18:21 < andytoshi> surprising. why would sigagg verify be so much faster than regular verify then
18:22 < gmaxwell> (assming our multi-exp takes the form of aP1 + bP2 ... + zG)
18:22 < gmaxwell> because strauss' algorithim is also much faster with a bigger multiexp.
18:22 < sipa> sigagg gets down to 30ish additions per element
18:22 < andytoshi> ah kk
18:25 < gmaxwell> here is the number of adds we do in the current code as a function of cnt (number of keys in)
18:25 < gmaxwell> (42.942+7.5)*(cnt-1)+15.494+(256/2.) #no-endo
18:26 < gmaxwell> (43.344+7.5)*(cnt-1)+16.936+128/2. #endo
18:26 < gmaxwell> the cnt-1 is because G is specially handled with a much bigger wnaf table.
18:27 < gmaxwell> (those numbers are just from instrumenting and measuring the additions in 500 verifies)
18:28 < sipa> that 42.942 number should be 256/6 = 42.6 on average
18:28 < sipa> likewise for the 43.344, actually
18:28 < gmaxwell> I agree on the first, but not the second. I suspect there is a +1 in your wnaf math that is getting doubled.
18:28 < gmaxwell> I'll run more of them.
18:30 < gmaxwell> 43.2242 16.9992 < for 200k w/ endo.
18:33 < sipa> full jacobian add: 3, affine add: 2.1, double: 1.3
18:34 < gmaxwell> 42.9344 15.4929 < is for 200k runs w/o endo fwiw.
18:34 < gmaxwell> okay I'll plug in those multipleers for the different add types
18:45 < gmaxwell> so without endo, using those numbers for effective affine the bos-coster is still 37% faster at a batch size of 4096.
18:46 < gmaxwell> (bos starts winning somewhere between 256 and 512)
18:49 < gmaxwell> w/ endo the breakeven is between 128 and 256.

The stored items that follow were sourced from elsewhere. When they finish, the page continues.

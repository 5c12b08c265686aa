//! Losses that threads record while their label is drained, reported and ended, and its clients come and go: at each
//! index what was recorded is what was told.
use crate::workshop::{Held, Lock, add_report, options};
use sentry_base::protocol::{
    CATEGORIES, Category, ClientReport, Envelope, EnvelopeItem, LossSource, Losses, Reason, Refusal,
};
use sentry_client_reports::{Recorder, TransportLossReason};
use sentry_lock::{CoreLock, SharedCore, Waiting};
use sentry_options::ClientOptions;
use sentry_transport::Transport;
use std::alloc::{AllocError, Global};
use std::sync::{Arc, Mutex, Wait};
use std::test::Fail;
use std::thread::{Threads, join, map_vec, yield_now};

/// How often each part records, and how many calls are made meanwhile.
const RECORDS: u64 = 200;

const CALLS: u64 = 60;

/// Adds up the reports of what it is to send.
#[derive(Drop)]
struct Sums<R: Wait + Drop> {
    rt: R,
    told: Mutex<Losses>,
}

impl<R: Wait + Drop> Transport for Sums<R> {
    fn send_envelope(&self, envelope: Envelope) {
        let mut told = self.told.lock(&self.rt);
        for item in envelope.items.as_slice() {
            if let EnvelopeItem::ClientReport(report) = item {
                add_report(&mut told, report);
            }
        }
    }
}

/// Losses of several categories at once.
#[derive(Clone, Copy)]
struct Loss(Losses);

impl LossSource for Loss {
    ghost losses_under = { λ lost _. lost.0.quantities };

    fn losses(&self, _reason: Reason) -> Losses {
        self.0
    }
}

/// What a step records: something in each category but one, under one reason.
fn loss_of(step: u64) -> Losses {
    let mut all = Losses::none();
    for category in 0..CATEGORIES {
        if category as u64 != step % 8 {
            let reason = Reason::at((step % 9) as usize);
            all.add(&Losses::of(Category::at(category), reason, step % 3 + 1));
        }
    }
    all
}

/// A recorder, and the number of its first step.
#[derive(Drop)]
struct Part {
    recorder: Recorder,
    first: u64,
}

fn record(part: Part) -> Losses {
    let Part {
        mut recorder,
        first,
    } = part;
    let mut sums = Losses::none();
    for step in 0..RECORDS {
        let lost = loss_of(first.wrapping_add(step));
        recorder.record_lost_data(&Loss(lost), TransportLossReason::NetworkError);
        sums.add(&lost);
        if step % 50 == 0 {
            yield_now();
        }
    }
    sums
}

/// Three parts of a recorder, whose rest is dropped.
fn split(alloc: Global, recorder: Recorder) -> Result<Vec<Part>, Refusal> {
    let mut parts = Vec::new(alloc);
    let mut rest = recorder;
    for number in 0..3u64 {
        match rest.split() {
            Ok((recorder, other)) => {
                let first = number.wrapping_mul(7);
                parts
                    .push(Part { recorder, first })
                    .map_err(|failed| AllocError::from(failed))?;
                rest = other;
            }
            Err((refusal, _rest)) => return Err(refusal),
        }
    }
    Ok(parts)
}

/// One call that drains, reports or ends the words of a label, by its number; what it tells beside the transport.
fn make_call<L: CoreLock>(held: &Held<L>, number: u64) -> Result<Losses, Refusal> {
    let mut told = Losses::none();
    let client = &held.client;
    match number % 6 {
        0 => client.send_envelope(Envelope::new(client.core().allocator()))?,
        1 => drop(client.flush(Some(1))?),
        2 => {
            let copy = client.clone_client(number)?;
            copy.send_envelope(Envelope::new(client.core().allocator()))?;
            drop(copy.close(None)?);
            copy.drop_client()?;
        }
        3 => drop(held.drain()?),
        4 => {
            if let Some(report) = held.take_report()? {
                add_report(&mut told, &report);
            }
        }
        _other => drop(held.close_losses()?),
    }
    Ok(told)
}

fn make_calls<L: CoreLock>(held: &Held<L>, first: u64) -> Result<Losses, Refusal> {
    let mut told = Losses::none();
    for number in 0..CALLS {
        told.add(&make_call(held, first.wrapping_add(number))?);
        yield_now();
    }
    Ok(told)
}

/// Drains the words, ends them and takes the report, in one hold of the lock.
fn end_words<L: CoreLock>(held: &Held<L>) -> Result<(bool, Option<ClientReport>), Refusal> {
    let mut guard = held.client.core().lock();
    drop(guard.drain_and_absorb(held.label)?);
    let is_closed = guard.close_losses(held.label)?;
    Ok((is_closed, guard.take_report(held.label)?))
}

/// The original of a label goes, a clone keeps it: whether its words end then, and what is told of them.
fn end_label<L: CoreLock>(held: &Held<L>) -> Result<(bool, Losses), Refusal> {
    let copy = held.client.clone_client(1)?;
    held.client.drop_client()?;
    let (is_closed, report) = end_words(held)?;
    let mut told = Losses::none();
    if let Some(report) = report {
        add_report(&mut told, &report);
    }
    copy.drop_client()?;
    Ok((is_closed, told))
}

/// What was recorded of a label, what was told beside the transport, and whether its words ended.
#[derive(Clone, Copy)]
struct Round {
    recorded: Losses,
    told: Losses,
    is_closed: bool,
}

fn play_round<R: Threads + Sync, L: CoreLock + Send + Sync + 'static>(
    rt: &R,
    core: &SharedCore<L>,
    options: ClientOptions<L::Callbacks>,
    transport: L::Transport,
    first: u64,
) -> Result<Round, Refusal>
where
    L::Processor: Send + Sync + 'static,
    L::Callbacks: Send + Sync + 'static,
    L::Transport: Send + Sync + 'static,
{
    let mut held = Held::on(core, options, Some(transport))?;
    let parts = match held.recorder.take() {
        Some(recorder) => split(core.allocator(), recorder)?,
        None => Vec::new(core.allocator()),
    };
    let (recorded, told) = join(
        rt,
        || map_vec(rt, parts, &|part: Part| record(part)),
        || make_calls(&held, first),
    );
    let mut all = Losses::none();
    match recorded {
        Ok(sums) => {
            for one in sums {
                all.add(&one);
            }
        }
        Err(failed) => return Err(AllocError::from(failed).into()),
    }
    let (is_closed, last) = end_label(&held)?;
    let mut told = told?;
    told.add(&last);
    Ok(Round {
        recorded: all,
        told,
        is_closed,
    })
}

#[test]
fn what_threads_record_is_told_at_each_index(rt: HostRuntime) -> Result<(), Fail> {
    let alloc: Global = rt.alloc();
    let told = Mutex::new(Losses::none());
    let sums = Arc::new(alloc, Sums { rt, told })?;
    let core: SharedCore<Lock<Sums<HostRuntime>, HostRuntime>> = SharedCore::new(
        Waiting(rt),
        alloc,
        1,
    )?;
    let mut recorded = Losses::none();
    let mut beside = Losses::none();
    for turn in 0..3u64 {
        let (first, second) = join(
            &rt,
            || play_round(&rt, &core, options(alloc, false)?, sums.clone()?, turn),
            || play_round(&rt, &core, options(alloc, false)?, sums.clone()?, turn + 3),
        );
        let (first, second) = (first?, second?);
        assert!(rt; first.is_closed && second.is_closed);
        recorded.add(&first.recorded);
        recorded.add(&second.recorded);
        beside.add(&first.told);
        beside.add(&second.told);
    }
    beside.add(&*sums.told.lock(&rt));
    assert!(rt; recorded == beside && recorded != Losses::none());
    assert!(rt; core.held().clients == 0);
    Ok(())
}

18:53 < andytoshi> the stack space for the precomp starts getting onerous quite a bit before that
18:53 < andytoshi> should we just use the heap for aggsig?
18:54 < gmaxwell> andytoshi: sure but to do 4096 with bos-coster we'll need a scratch space in any case.  So we could have a scratch space context and use it for both.
19:09 < gmaxwell> w/ endo and batch of 4096 pubkeys, bos is a 48% speedup.